Como refere Gérard Cohen-Jonathan ("La cour européenne des droits de l'homme et les écoutes téléphoniques", Revue Universelle des Droits de l'Homme, vol. 2, n.º 5, de 31 de Maio de 1990, pp. 185-191), impõe-se a existência de uma lei que preveja a possibilidade de autorização de escutas, lei que deve ser acessível e precisa, e que se estabeleçam garantias adequadas, desde logo definindo com precisão quais as autoridades competentes para ordenar ou autorizar as escutas, quais os crimes cuja gravidade justifica o uso deste meio de produção de prova e o grau de suspeita exigível, não podendo a ingerência ser meramente exploratória. Depois, o acompanhamento da operação há-de ocorrer em três estádios: no momento da ordem ou da autorização, no decurso da operação e após o seu termo, possibilitando às pessoas colocadas sob escuta o direito de acesso às gravações e respectivas transcrições, o direito à eliminação das passagens irrelevantes ou interditas e o direito à destruição ou restituição dos respectivos suportes.

Mas para além das "escutas judiciárias", são ainda admissíveis "escutas administrativas", determinadas pelo poder executivo visando objectivos de segurança interna e externa, as quais devem oferecer igualmente garantias adequadas que afastem o risco de utilização abusiva, garantias que serão naturalmente diferentes das previstas para as "escutas judiciárias", mas que sempre exigirão a possibilidade de recurso aos tribunais, embora apenas a posteriori.
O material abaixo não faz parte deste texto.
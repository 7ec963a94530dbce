//! What the table of units says of one of them.

ghost use Rattle.std.specs.Prelude.{◌≡◌, replicate, IfOk};
ghost use Rattle.sg_base.specs.List.{IsRising};
ghost use Rattle.sg_state.specs.Need.{need_cmp};
ghost use Rattle.sg_waits.specs.declared.status.Status.TheVariants.{Runs};
ghost use Rattle.sg_waits.specs.Table.{listed_at};
ghost use Rattle.sg_waits.specs.Waits.{status_at, needs_at, is_live, runs, waits};

use crate::status::Status;
use sg_state::Need;
use std::alloc::{AllocError, Global};

/// A table of so many units, all of which run.
pub fn running(alloc: Global, units: u32) -> Result<Vec<Status>, AllocError>
    ensures { IfOk result (λ v. v.items ≡ replicate units Runs) }
{
    let mut list = Vec::new(alloc);
    for _unit in 0..units {
        match list.push(Status::Runs) {
            Ok(()) => {}
            Err(_) => return Err(AllocError),
        }
    }
    Ok(list)
}

/// What a unit needs, in rising order. Empty where it does not wait.
pub fn needs_at(units: &[Status], unit: u32) -> &[Need]
    ensures needs { result.now ≡ needs_at units.now unit }
    ensures rising { IsRising need_cmp result.now }
{
    match units.get(unit as usize) {
        Some(Status::Waits(needs)) => needs.as_slice(),
        Some(Status::Runs) => &[],
        Some(Status::Ended) => &[],
        None => &[],
    }
}

/// What a unit is listed for, in rising order, where the second table has how units stood when they last waited.
pub fn listed_at<'a>(units: &'a [Status], kept: &'a [Status], unit: u32) -> &'a [Need]
    ensures needs { result.now ≡ listed_at units.now kept.now unit }
    ensures rising { IsRising need_cmp result.now }
{
    match units.get(unit as usize) {
        Some(Status::Waits(needs)) => needs.as_slice(),
        Some(Status::Runs) => needs_at(kept, unit),
        Some(Status::Ended) => needs_at(kept, unit),
        None => needs_at(kept, unit),
    }
}

/// Whether a unit is one of the table that has not ended.
pub fn is_live(units: &[Status], unit: u32) -> bool
    ensures { result ≡ is_live (status_at units.now unit) }
{
    match units.get(unit as usize) {
        Some(Status::Waits(_)) => true,
        Some(Status::Runs) => true,
        Some(Status::Ended) => false,
        None => false,
    }
}

/// Whether a unit is live and does not wait.
pub fn runs(units: &[Status], unit: u32) -> bool
    ensures { result ≡ runs (status_at units.now unit) }
{
    match units.get(unit as usize) {
        Some(Status::Waits(_)) => false,
        Some(Status::Runs) => true,
        Some(Status::Ended) => false,
        None => false,
    }
}

/// Whether a unit waits.
pub fn waits(units: &[Status], unit: u32) -> bool
    ensures { result ≡ waits (status_at units.now unit) }
{
    match units.get(unit as usize) {
        Some(Status::Waits(_)) => true,
        Some(Status::Runs) => false,
        Some(Status::Ended) => false,
        None => false,
    }
}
Essas garantias passam, nalguns países, pela intervenção de entidades independentes, por vezes de origem parlamentar, que acompanham a actuação do executivo (cf. o Acórdão Klass, de 1978, em que o Tribunal Europeu considerou suficientes os recursos judiciais a posteriori previstos no direito alemão em caso de intercepção de conversações determinada pelo Governo Alemão, para defesa da ordem e segurança numa sociedade democrática e para evitar infracções, sem controlo judicial prévio, e a decisão da Comissão Europeia dos Direitos do Homem de 10 de Maio de 1985, relativa ao Luxemburgo, ambos citados no artigo de Gérard Cohen-Jonathan).
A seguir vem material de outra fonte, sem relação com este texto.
/// What is wrong in a constructor, of which this was checked.
#[tactic(auto, using(crate::proofs::BodySteps::ctor_steps))]
fn go_on_ctor(
    alloc: Global,
    owner: &Owner<'_>,
    o: &Oracle,
    blanks: &[Scope],
    ctor: &Ctor,
    body: BegunBody,
    progress: &mut BodyProgress,
) -> Result<DiagList, Need>
    requires { progress.old.begun ≡ None }
    ensures reads { Reads (reply_to o.now) (ctor_statements_left owner.now.layout.now owner.now.names.now owner.now.ty (map ids_of owner.now.extends.now) blanks.now (ctor_tree ctor.now) body) result }
    ensures left { IfSome progress.new.begun (IsFurther o.now (ctor_statements_left owner.now.layout.now owner.now.names.now owner.now.ty (map ids_of owner.now.extends.now) blanks.now (ctor_tree ctor.now)) body) }
    ensures new { OnOk result (progress.new.begun ≡ None) }
{
    let spot = Spot::of_body(alloc, owner.layout, owner.ty)?;
    let inner = own_instances(alloc, owner.layout, owner.ty)?;
    let site = site_at(owner, &spot, inner.as_slice(), blanks, None);
    go_on(alloc, &site, o, ctor.body.as_slice(), body, progress)
}

/// What is wrong in a constructor, of which nothing was checked.
#[tactic(auto, using(crate::proofs::BodySteps::ctor_steps))]
fn start_ctor(
    alloc: Global,
    owner: &Owner<'_>,
    o: &Oracle,
    blanks: &[Scope],
    member: Scope,
    ctor: &Ctor,
    progress: &mut BodyProgress,
) -> Result<DiagList, Need>
    requires { progress.old.begun ≡ None }
    ensures reads { Reads (reply_to o.now) (ctor_rule owner.now.layout.now owner.now.names.now owner.now.ty (map ids_of owner.now.extends.now) blanks.now member (ctor_tree ctor.now)) result }
    ensures left { IfSome progress.new.begun (λ b. IsCtorSoFar o.now owner.now.layout.now owner.now.names.now owner.now.ty (map ids_of owner.now.extends.now) blanks.now member (ctor_tree ctor.now) (Some b)) }
    ensures new { OnOk result (progress.new.begun ≡ None) }
{
    let s = read_ctor_signature(alloc, owner.layout, o, member, ctor)?;
    let body = begin_ctor(alloc, owner, o, ctor, &s)?;
    go_on_ctor(alloc, owner, o, blanks, ctor, body, progress)
}

/// What is wrong in the body of a constructor of a type, which may assign these blank final fields (JLS 8.8.7), as far as the replies
/// tell it, or the first query that has no reply. The check goes on as that of a method does, once behind the super call. The
/// constructor's own signature is read where it has parameters.
#[tactic(auto, using(crate::proofs::BodySteps::ctor_steps))]
pub fn read_ctor_body(
    alloc: Global,
    l: &Layout,
    n: &Names,
    o: &Oracle,
    ty: Scope,
    extends: &[Name],
    blanks: &[Scope],
    member: Scope,
    ctor: &Ctor,
    progress: &mut BodyProgress,
) -> Result<DiagList, Need>
    requires { IsCtorSoFar o.now l.now n.now ty (map ids_of extends.now) blanks.now member (ctor_tree ctor.now) progress.old.begun }
    ensures reads { Reads (reply_to o.now) (ctor_rule l.now n.now ty (map ids_of extends.now) blanks.now member (ctor_tree ctor.now)) result }
    ensures left { IsCtorSoFar o.now l.now n.now ty (map ids_of extends.now) blanks.now member (ctor_tree ctor.now) progress.new.begun }
    ensures new { OnOk result (progress.new.begun ≡ None) }
{
    let owner = Owner {
        layout: l,
        names: n,
        ty,
        extends,
    };
    match progress.take() {
        None => start_ctor(alloc, &owner, o, blanks, member, ctor, progress),
        Some(body) => go_on_ctor(alloc, &owner, o, blanks, ctor, body, progress),
    }
}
De particular relevância para o presente recurso (em que, como se verá, a recorrente reclama a imediata destruição das gravações tidas por irrelevantes pelo juiz de instrução) reveste-se a constante chamada de atenção, por parte do Tribunal Europeu dos Direitos do Homem, para a necessidade de as legislações nacionais tomarem precauções no sentido de assegurar "a comunicação intacta e completa das gravações efectuadas, para efeito de controlo pelo juiz e pela defesa" e estabelecerem as circunstâncias em que se pode operar o apagamento ou a destruição das gravações, designadamente após o arquivamento definitivo do processo ou o trânsito em julgado da condenação final (cf. os n.os 34 do Acórdão Huvig, de 24 de Abril de 1990, 35 do Acórdão Kruslin, da mesma data, 59 do Acórdão Valenzuela Contreras, de 30 de Julho de 1998, e 30 do Acórdão Prado Bugallo, de 18 de Fevereiro de 2003).
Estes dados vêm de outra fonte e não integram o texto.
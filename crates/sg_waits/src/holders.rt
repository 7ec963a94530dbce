//! The least holder of each need.

ghost use Rattle.std.specs.Prelude.{◌≡◌, IfOk, OnOk};
ghost use Rattle.sg_state.specs.declared.need.Need.{Need as NeedOf};
ghost use Rattle.sg_waits.specs.Shown.{IsLeastAt, Lowers, holder_at};

use sg_state::Need;
use std::alloc::{AllocError, Global};
use std::collections::BTreeMap;

/// Notes a holder of a need, unless a lesser one is known, by a look-up.
pub fn lower(least: &mut BTreeMap<Need, u32>, need: &Need, holder: u32) -> Result<(), AllocError>
    ensures { OnOk result (Lowers least.old.entries least.new.entries need.now holder) }
{
    let known = least.get(need).copied();
    let lesser = match known {
        Some(known) => holder.min(known),
        None => holder,
    };
    match least.insert(*need, lesser) {
        Ok(_) => Ok(()),
        Err(_) => Err(AllocError),
    }
}

/// For each need the least of its holders in a list. Costs a look-up for each entry of the list.
pub fn least(alloc: Global, holder_of: &[(Need, u32)]) -> Result<BTreeMap<Need, u32>, AllocError>
    ensures { IfOk result (λ m. (n : NeedOf) → IsLeastAt holder_of.now n (holder_at m.entries n)) }
{
    let mut least = BTreeMap::new(alloc);
    for pair in holder_of {
        match lower(&mut least, &pair.0, pair.1) {
            Ok(()) => {}
            Err(error) => return Err(error),
        }
    }
    Ok(least)
}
2.8 - A análise de ordenamentos jurídicos de países cujas normas constitucionais relevantes na matéria são similares às portuguesas revela que o legislador ordinário tem moldado de modo diversificado o regime das escutas telefónicas, designadamente no que respeita à intervenção do juiz, quer na fase de autorização, quer na fase de acompanhamento da operação (cf. Mario Chiavario e outros, Procedure Penali d'Europa, 2.ª ed., Milão, 2001).

Na Bélgica, de acordo com as leis de 10 de Junho de 1998 e de 10 de Janeiro de 1999, a regra é a da autorização pelo juiz de instrução, mas, em casos de urgência, a escuta pode ser determinada pelo Ministério Público, embora sujeita a validação judicial. Só se procede à transcrição das passagens consideradas relevantes, mas mantêm-se intactas as gravações, podendo as partes consultá-las e requerer a transcrição de passagens inicialmente tidas por irrelevantes (ob. cit., pp. 75-76).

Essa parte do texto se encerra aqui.